Tuesday, October 25, 2011

It's just a fantasy...its not the real thing...

I wrote this post a few weeks ago. Its a recurring dream I have. When I wrote it, I had just awoken and it was all fresh in my head. I have been having this same dream for years now. I didn't post it then because...eh, I don't know why exactly, just that it didn't feel right. I probably only have this dream 2-3 times in a whole year. I decided to post this today because I had it again this morning. That's twice in just a few weeks. I don't know that any of that has any significance, but I do know this dream is exactly the same, down to the last detail, every time I have it. Do any of you have any recurring dreams? What do you think they mean?

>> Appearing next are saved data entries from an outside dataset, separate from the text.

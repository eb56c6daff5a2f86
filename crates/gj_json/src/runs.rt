//! Bytes in a row that complete nothing and open or close nothing.

ghost use Rattle.std.specs.Prelude.{◌≡◌, ◌≤◌, ◌<◌, ◌++◌, ℕ, List, if◌then◌else◌, get_or, length, take};
ghost use Rattle.std.specs.List.{AllByRecursion, prefix_len};
ghost use Rattle.gj_json.specs.Internal.Transitions.{IsStringState};
ghost use Rattle.gj_json.specs.Internal.QuietBytes.{IsQuiet, Reads, StopsString, awaits_token, is_between, is_unescaped_ascii, is_white};
ghost use Rattle.gj_json.specs.Internal.KeptContent.{IsAscii, Holds};
ghost use Rattle.gj_json.specs.declared.mode.StringState.TheVariants.{Plain};

use crate::characters::characters_run;
use crate::content::Content;
use crate::lanes::{Ascii, run};
pub use crate::lanes::{is_white, white_run};
use crate::mode::{Mode, StringMove, StringState};
use crate::strings::next_string;

/// Whether white space may stand before what comes next.
#[inline(always)]
pub fn is_between_tokens(mode: Mode) -> bool
    ensures { result ≡ awaits_token mode }
{
    match mode {
        Mode::ValueDue
        | Mode::ValueDone
        | Mode::ArrayOpened
        | Mode::ObjectOpened
        | Mode::NameDue
        | Mode::ColonDue => true,
        _ => false,
    }
}

/// How many bytes at the start of the piece leave the mode as it is, and complete no event.
#[inline(always)]
pub fn quiet_run(mode: Mode, piece: &[u8]) -> usize
    ensures within { result ≤ length piece.now }
    ensures quiet { AllByRecursion (IsQuiet mode) (take result piece.now) }
    ensures longest { result ≡ (if awaits_token mode then prefix_len is_white piece.now else 0) }
{
    if is_between_tokens(mode) {
        return white_run(piece);
    }
    0
}

/// Bytes of a string: how many, and how far the character under way has come after them.
#[derive(Clone, Copy)]
pub struct StringRun {
    pub count: usize,
    pub state: StringState,
}

/// How many bytes at the start of the piece are characters by themselves, where none is under way.
fn plain_front(state: StringState, piece: &[u8]) -> usize
    ensures within { result ≤ length piece.now }
    ensures ascii { AllByRecursion IsAscii (take result piece.now) }
    ensures longest { state ≡ Plain → result ≡ prefix_len is_unescaped_ascii piece.now }
    ensures reads { Reads state (take result piece.now) (take result piece.now) state }
{
    match state {
        StringState::Plain => run::<Ascii>(piece),
        _ => 0,
    }
}

/// Whether a string or a name is open in which no character is under way.
pub fn is_between(mode: Mode) -> bool
    ensures { result ≡ is_between mode }
{
    match mode {
        Mode::StringOn(StringState::Plain) | Mode::NameOn(StringState::Plain) => true,
        _ => false,
    }
}

/// How many bytes the whole characters have that stand at the start of the piece, where none is under way and nothing is
/// kept of them.
fn text_front(content: &Content, state: StringState, piece: &[u8]) -> usize
    ensures within { result ≤ length piece.now }
    ensures reads { (characters : List ℕ) × Reads state (take result piece.now) characters state
        × ((so_far : List ℕ) → Holds content.now so_far → Holds content.now (so_far ++ characters)) }
{
    if !content.is_other() {
        return 0;
    }
    match state {
        StringState::Plain => characters_run(piece),
        _ => 0,
    }
}

/// Takes the bytes at the start of the piece that go on in a string, and the characters that end in them.
pub fn string_run(content: &mut Content, state: StringState, piece: &[u8]) -> StringRun
    requires { IsStringState state }
    ensures within { result.count ≤ length piece.now }
    ensures state { IsStringState result.state }
    ensures longest { result.count < length piece.now → StopsString result.state (get_or piece.now result.count 0) }
    ensures reads { (characters : List ℕ) × Reads state (take result.count piece.now) characters result.state
        × ((so_far : List ℕ) → Holds content.old so_far → Holds content.new (so_far ++ characters)) }
{
    let mut count = 0;
    let mut here = state;
    while count < piece.len() {
        let plain = plain_front(here, &piece[count..]);
        content.push_run(&piece[count..count + plain]);
        count += plain;
        count += text_front(content, here, &piece[count..]);
        if count == piece.len() {
            break;
        }
        match next_string(here, piece[count]) {
            StringMove::Goes(next) => here = next,
            StringMove::Reads(character) => {
                content.push(character);
                here = StringState::Plain;
            }
            _ => break,
        }
        count += 1;
    }
    StringRun { count, state: here }
}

I dreamed about you again last night. Well, maybe it wasn't a dream. You know that period of time between waking and sleeping? Where your body still hasn't moved and your mind is still in that place where you're not consciously controlling your thoughts? That's where I see you. Where I feel you. Where I know you have to exist somewhere because if you didn't, then why would I be feeling you there so vividly? Does that count as a dream?

So today you visited me, again. It was the same as always. I open my eyes in the morning. There is a soft glow coming from my bedside table light. You are still asleep, laying facing me, on your side. Your lips are slightly parted. Your breaths deep, even. Your right hand is tucked beneath your pillow, palm up. The covers are pulled up over your shoulder and tucked loosely between your chin and collar bone. I look at your face and can see the little lines around your eyes. Proof of years of laughter and smiles. The thin, fine lines on your forehead remind me your life has been one with little worry-they're not as deep and pronounced as the ones I bear. Your hair has turned mostly silvery white, the dark strands now sporadically pepper your scalp. I think to myself how incredibly handsome you are. I have the sudden, uncontrollable urge to reach out and touch your face, so I do. My thumb brushes against your lips and you stir and slowly open your eyes, blinking the sleep away. You look at me and smile.

I feel my body begin to come out of its slumber and I close my eyes tightly in hopes of keeping you there. I can almost feel you fade and when I open my eyes the place where I just saw you sleeping is empty. Cold. I remember you aren't real. Just someone I have spent years dreaming about. I know the features I see are vague. Generic. The you I see isn't the you that will one day be. As I roll over and look at the ceiling I ask that God send you to me when I am ready to recognize you as you. So I don't pass you by because I am too caught up in my own life. So that I don't miss my chance to finally have my dream become my reality.